Birds, like mammals, are warm-blooded animals, meaning they must maintain a constant body temperature as the temperature around them changes. To do this, they spend much of their time feeding so they can generate enough heat. It's a vicious cycle though; they must eat to keep warm so they can gather more food. Birds that can switch from an insect diet to a seed diet can stay put throughout the winter. Some meat-eating birds, like hawks and owls, may also remain if enough prey is available.
One feature that sets birds apart from other animals is their feathers. Birds' bodies are covered with an outer layer of fairly stiff but flexible contour feathers and an under layer of fluffy down feathers. The contour feathers provide protection against wind, rain and snow. The down feathers act as a layer of insulation.

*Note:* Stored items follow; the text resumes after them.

//! What the image of a link says of its PDB: the entry of the debug directory and the data that the entry names. It takes the
//! options and the places of sections, has `debug_entry` write the bytes, and gives them and their sizes to the crates that
//! lay out and write the image. Its contracts promise what each holds, and that nothing is said where no PDB is asked for.
//! Where the two stand, and the identifier, are left to those crates.
#![tactic(auto)]

mod debug;

pub use debug::LinkDebug;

Tightly knit together and overlapping, feathers protect the skin and hold a layer of air over the bird's body. Because birds control the position of their feathers through muscular movements, they are able to "puff" themselves up. By adjusting their feathers, birds create and trap larger pockets of warm air near their skin, enhancing insulation.
Most birds have an oil gland located at base of their tail. Secreted oil is rubbed over the feathers with the beak or bill. This is known as preening. Preening creates a shield that helps block wind and repel water. Birds like ducks, geese and swans can survive in water that is close to freezing because the amount of oil in their feathers makes them waterproof. Waterfowl and other waterbirds also have a layer of fat that keeps them warm.

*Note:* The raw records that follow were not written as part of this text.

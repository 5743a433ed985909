// The fees of one hour. Prices are hundredths of a dollar.
#![tactic(auto)]

ghost use Rattle.std.specs.Prelude.{◌≡◌, true, ◌<◌, ◌≤◌, length};
ghost use Rattle.whole.specs.Folds.{sum_of};
ghost use Rattle.units.specs.Limits.{is_price, are_powers, seconds_of_hour};
ghost use Rattle.fees.specs.Fees.{no_charge, fee_answer, quality_answer, signed_price, quarter_part, energy_refusal, energy_parts, energy_answer, energy_exact};

use units::{Dollars, Kilowatts, limits, refusals};

const LEAST_POWER: i64 = -limits::POWER;

const LEAST_TRANSFER: i64 = -limits::TRANSFER;

// The hundredths of a dollar by the kilowatts of a megawatt.
const FEE_PARTS: i64 = 100 * 1_000;

// The quarters of an hour, the seconds of a mean, the kilowatts of a megawatt, the hundredths of a dollar.
const ENERGY_PARTS: i64 = 4 * limits::QUARTER as i64 * 1_000 * 100;

// An amount, or the number of its refusal with 0.
#[derive(Clone, Copy)]
pub struct Charged {
    pub refusal: u8,
    pub dollars: Dollars,
}

// What the energy service fee is before it is rounded, in parts of a dollar, or the number of its refusal with 0.
#[derive(Clone, Copy)]
pub struct Exact {
    pub refusal: u8,
    pub parts: i64,
}

// The capacity fee, by the clearing price, and the performance fee, by the performance price.
pub fn fee(price: i64, capacity: Kilowatts) -> Charged
    ensures { result ≡ fee_answer price capacity }
{
    let size = capacity.0;
    let money = whole::unless(is_price(price), refusals::BAD_MONEY, 0);
    let k = whole::unless(
        whole::within(size, 1, limits::CAPACITY),
        refusals::BAD_CAPACITY,
        money,
    );
    if k == 0 {
        return Charged {
            refusal: 0,
            dollars: Dollars(whole::nearest(price * size, FEE_PARTS)),
        };
    }
    no_charge(k)
}

// The quality part of an hour: both rounded fees by the factor, in tenths.
pub fn quality_part(capacity: Dollars, performance: Dollars, factor: i64) -> Charged
    ensures { result ≡ quality_answer capacity performance factor }
{
    let first = capacity.0;
    let second = performance.0;
    let bands = whole::unless(
        whole::within(factor, limits::LEAST_FACTOR, limits::MOST_FACTOR),
        refusals::BAD_BANDS,
        0,
    );
    let k = whole::unless(
        whole::within(first, 0, limits::FEE) & whole::within(second, 0, limits::FEE),
        refusals::BAD_MONEY,
        bands,
    );
    if k == 0 {
        return Charged {
            refusal: 0,
            dollars: Dollars(whole::nearest((first + second) * factor, 10)),
        };
    }
    no_charge(k)
}

// The energy service fee of an E-dReg hour, unrounded, by its 3,600 powers and its four quarter targets, in kW.
pub fn energy_exact(powers: &[i64], targets: &[i64], discharge: i64, charge: i64) -> Exact
    ensures { result ≡ energy_exact powers.now targets.now discharge charge }
{
    let k = energy_refusal(powers, targets, discharge, charge);
    if k == 0 {
        return Exact {
            refusal: 0,
            parts: four_quarters(powers, targets, discharge, charge),
        };
    }
    Exact {
        refusal: k,
        parts: 0,
    }
}

// The same, rounded once.
pub fn energy_fee(powers: &[i64], targets: &[i64], discharge: i64, charge: i64) -> Charged
    ensures { result ≡ energy_answer powers.now targets.now discharge charge }
{
    let exact = energy_exact(powers, targets, discharge, charge);
    let k = exact.refusal;
    let parts = exact.parts;
    if k == 0 {
        return Charged {
            refusal: 0,
            dollars: Dollars(whole::nearest(parts, ENERGY_PARTS)),
        };
    }
    no_charge(k)
}

fn is_price(z: i64) -> bool
    ensures { result ≡ is_price z }
{
    whole::within(z, 0, limits::PRICE)
}

#[tactic(auto, unfolding(crate::specs::Fees::no_charge))]
fn no_charge(k: u8) -> Charged
    ensures { result ≡ no_charge k }
{
    Charged {
        refusal: k,
        dollars: Dollars(0),
    }
}

#[tactic(auto, unfolding(crate::specs::Fees::energy_refusal))]
fn energy_refusal(powers: &[i64], targets: &[i64], discharge: i64, charge: i64) -> u8
    ensures { result ≡ energy_refusal powers.now targets.now discharge charge }
{
    let readings = whole::unless(
        whole::all_within(powers, LEAST_POWER, limits::POWER),
        refusals::BAD_READING,
        0,
    );
    let transfer = whole::unless(
        whole::all_within(targets, LEAST_TRANSFER, limits::TRANSFER),
        refusals::BAD_TRANSFER,
        readings,
    );
    let money = whole::unless(
        is_price(discharge) & is_price(charge),
        refusals::BAD_MONEY,
        transfer,
    );
    whole::unless(
        (powers.len() == limits::SECONDS) & (targets.len() == 4),
        refusals::WRONG_LENGTH,
        money,
    )
}

// The four quarters added exactly.
fn four_quarters(powers: &[i64], targets: &[i64], discharge: i64, charge: i64) -> i64
    requires { energy_refusal powers.now targets.now discharge charge ≡ 0 }
    ensures { result ≡ energy_parts powers.now targets.now discharge charge }
{
    let mut sum: i64 = 0;
    for q in 0..4 {
        sum += quarter_part(powers, targets, discharge, charge, q);
    }
    sum
}

// The energy of quarter q at its price. Nothing is divided yet.
fn quarter_part(powers: &[i64], targets: &[i64], discharge: i64, charge: i64, q: usize) -> i64
    requires { (energy_refusal powers.now targets.now discharge charge ≡ 0) × (q < 4) }
    ensures { result ≡ quarter_part powers.now targets.now discharge charge q }
{
    let target = targets[q];
    let price = signed_price(discharge, charge, target);
    let start = q * limits::QUARTER;
    power_sum(&powers[start..start + limits::QUARTER]) * price
}

// The sum of powers. They have been tested, so that nothing is left but to add them.
fn power_sum(powers: &[i64]) -> i64
    requires { (are_powers powers.now ≡ true) × (length powers.now ≤ seconds_of_hour) }
    ensures { result ≡ sum_of powers.now }
{
    let mut sum: i64 = 0;
    for power in powers {
        sum += *power;
    }
    sum
}

// The price that a quarter's target brings: charging changes the sign.
#[tactic(auto, unfolding(crate::specs::Fees::signed_price))]
fn signed_price(discharge: i64, charge: i64, target: i64) -> i64
    requires { (is_price discharge ≡ true) × (is_price charge ≡ true) }
    ensures { result ≡ signed_price discharge charge target }
{
    if 0 < target {
        return discharge;
    }
    if target < 0 {
        return -charge;
    }
    0
}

Anyone who has ever gone outside on a cold, windy day without a hat knows that uncovered body parts lose heat quickly. The same is true for birds. But they can adjust to this in several ways. Often, birds will stand on one leg, tucking the other up among their feathers. Birds are also observed with their beaks tucked under their feathers. Smaller birds often drop on the ground to cover both legs with their fluffed-up bodies.

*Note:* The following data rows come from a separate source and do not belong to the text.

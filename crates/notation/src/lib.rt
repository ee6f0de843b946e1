// A schedule as text for people: one header or call a line, read and written.
#![tactic(auto)]

mod forms;
mod numerals;
mod putting;
mod showing;
mod words;

ghost use Rattle.std.specs.Prelude.{◌≡◌, [], ◌∷◌, ◌≤◌, ◌<◌, length, get_or};
ghost use Rattle.groups.specs.Buffers.{Writes};
ghost use Rattle.transactions.specs.Calls.{small};
ghost use Rattle.notation.specs.Words.{words as Words·words};
ghost use Rattle.notation.specs.Forms.{numbers as Forms·numbers, kinds, sense, sense_of};
ghost use Rattle.notation.specs.Texts.{text_of, header_text};
ghost use Rattle.notation.specs.Showing.{shown, mark_length, fault_byte, NoCall};
ghost use Rattle.notation.specs.Inner.{counted, Ranged};

use groups::{TooShort, unturn};
use sizes::{Node, Version};
use transactions::{Call, Header};

// What a word must be: a key or value, a coin, a number below 2^32, or the word `start`, which counts as 0.
#[derive(Clone, Copy, Debug, PartialEq, Eq)]
pub enum Kind {
    Key,
    Coin,
    Small,
    Start,
}

// Why a line is neither a header nor a call. Out of range: that of this kind.
#[derive(Clone, Copy, Debug, PartialEq, Eq)]
pub enum Fault {
    UnknownWord,
    NumberMissing,
    TooManyWords,
    NotANumber,
    OutOfRange(Kind),
    StartMissing,
}

// A fault with the number of its word, from 0.
#[derive(Clone, Copy, Debug, PartialEq, Eq)]
pub struct Misread {
    pub fault: Fault,
    pub word: usize,
}

// What a line says: nothing where it has no word.
#[derive(Clone, Copy)]
pub enum Line {
    Nothing,
    Header(Header),
    Call(Call),
}

// The byte order mark that some editors put in front of a text.
const MARK: [u8; 3] = [239, 187, 191];

// The length of the byte order mark at the front of a text.
pub fn mark_length(text: &[u8]) -> usize
    ensures { (result ≡ mark_length text.now) × (result ≤ length text.now) }
{
    if text.starts_with(&MARK) {
        MARK.len()
    } else {
        0
    }
}

// The byte that a fault leaves behind what was written of a schedule file: no call begins with it.
pub fn fault_byte() -> u8
    ensures { (result ≡ fault_byte) × NoCall result }
{
    127
}

// Writes the word of a line with this number, as an error shows it, at the front of a lent buffer: of length 0 where there are fewer words.
pub fn show_word(buffer: &mut [u8], line: &[u8], number: usize) -> Result<usize, TooShort>
    ensures { Writes (shown (get_or (Words·words line.now) number [])) buffer.old buffer.new result }
{
    let mut text = [0u8; 42];
    let word = words::word_at(line, number);
    let end = showing::put_shown(&mut text, &line[word.start..word.end]);
    write_text(buffer, &text[..end])
}

// The header or call with this code and these numbers.
#[tactic(auto, using(transactions::proofs::Operating::signed), unfolding(crate::specs::Forms::kinds))]
fn line_of(code: usize, a: u64, b: u64, c: u64) -> Line
    requires { (code < 15) × Ranged (get_or kinds code []) (counted code (a ∷ b ∷ c ∷ [])) }
    ensures { sense_of (Ok result) ≡ Forms·numbers (code ∷ counted code (a ∷ b ∷ c ∷ [])) }
{
    match code {
        0 => Line::Call(Call::Lookup(unturn(a))),
        1 => Line::Call(Call::Insert(unturn(a), unturn(b), c)),
        2 => Line::Call(Call::Remove(unturn(a))),
        3 => Line::Call(Call::HandOver(Node(a as u32))),
        4 => Line::Call(Call::Ceil(unturn(a))),
        5 => Line::Call(Call::Floor(unturn(a))),
        6 => Line::Call(Call::Succ(unturn(a))),
        7 => Line::Call(Call::Pred(unturn(a))),
        8 => Line::Call(Call::Fast(unturn(a), unturn(b))),
        9 => Line::Call(Call::Open(unturn(a), unturn(b))),
        10 => Line::Call(Call::Step(Version(a as u32), b as u32)),
        11 => Line::Call(Call::Close(Version(a as u32))),
        12 => Line::Call(Call::Sweep),
        13 => Line::Call(Call::Tally),
        _ => Line::Header(Header {
            capacity: a as u32,
            start: Version(c as u32),
        }),
    }
}

// Reads a line: words with blanks between them, a line feed being one, up to a word that begins with `#`; numbers in decimal, `-` in front of a negative one, zeros in front allowed.
pub fn read_line(line: &[u8]) -> Result<Line, Misread>
    ensures { sense_of result ≡ sense (Words·words line.now) }
{
    let word = words::next_word(line, 0);
    if word.start == word.end {
        return Ok(Line::Nothing);
    }
    let Some(code) = forms::code_of(&line[word.start..word.end]) else {
        return Err(Misread {
            fault: Fault::UnknownWord,
            word: 0,
        });
    };
    let [a, b, c] = forms::read_operands(line, word.end, code)?;
    Ok(line_of(code, a, b, c))
}

// Writes a text at the front of a lent buffer.
fn write_text(buffer: &mut [u8], text: &[u8]) -> Result<usize, TooShort>
    ensures { Writes text.now buffer.old buffer.new result }
{
    if buffer.len() < text.len() {
        return Err(TooShort);
    }
    Ok(listing::put_bytes(buffer, 0, text))
}

// Writes the text of a call at the front of a lent buffer.
pub fn write_call(buffer: &mut [u8], call: Call) -> Result<usize, TooShort>
    ensures { Writes (text_of call) buffer.old buffer.new result }
{
    let mut text = [0u8; 80];
    let end = putting::put_call(&mut text, call);
    write_text(buffer, &text[..end])
}

// Writes the text of a header at the front of a lent buffer.
pub fn write_header(buffer: &mut [u8], header: Header) -> Result<usize, TooShort>
    ensures { Writes (header_text header) buffer.old buffer.new result }
{
    let mut text = [0u8; 80];
    let end = putting::put_header(&mut text, header);
    write_text(buffer, &text[..end])
}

To minimize heat loss from legs, the arteries and veins in legs of many birds lie in contact with each other and function to retain heat. Arterial blood leaves a bird's core at body temperature while venous blood in the feet is cool. Heat is conducted from the warm arteries to the cool veins. Arterial blood reaching the feet is already cool and venous blood reaching the core is already warm.
Waterfowl have fleshy feet with little blood circulation so they are less sensitive to cold. Constricting blood vessels reduce the amount of blood flow to the feet at low temperatures. Thus, the core temperature of a duck or gull standing on ice may be 104 degrees Fahrenheit but the temperature of their feet may be just above freezing.
All of this may seem of little importance as you bundle up in multiple layers to face another wintry day. But just imagine how the dull the landscape would be without these hardy souls. Winter songbirds, waterbirds and waterfowl are often the only wildlife one sees at this time of year.
And Americans love their birds. In fact, the 2006
National Survey of Fishing, Hunting, and Wildlife Associated Recreation, conducted by the U.S. Fish and Wildlife Service, found that 55.5 million people reported feeding wild birds, making it the most popular wildlife-watching activity.
As I scrape the frost off of my windshield. I'm envious of the many ways that these delicate animals are able to adjust. Then I run back inside to look for my gloves.
Kathryn Reshetiloff is with the U.S. Fish and Wildlife Service’s Chesapeake Bay Field Office in Annapolis.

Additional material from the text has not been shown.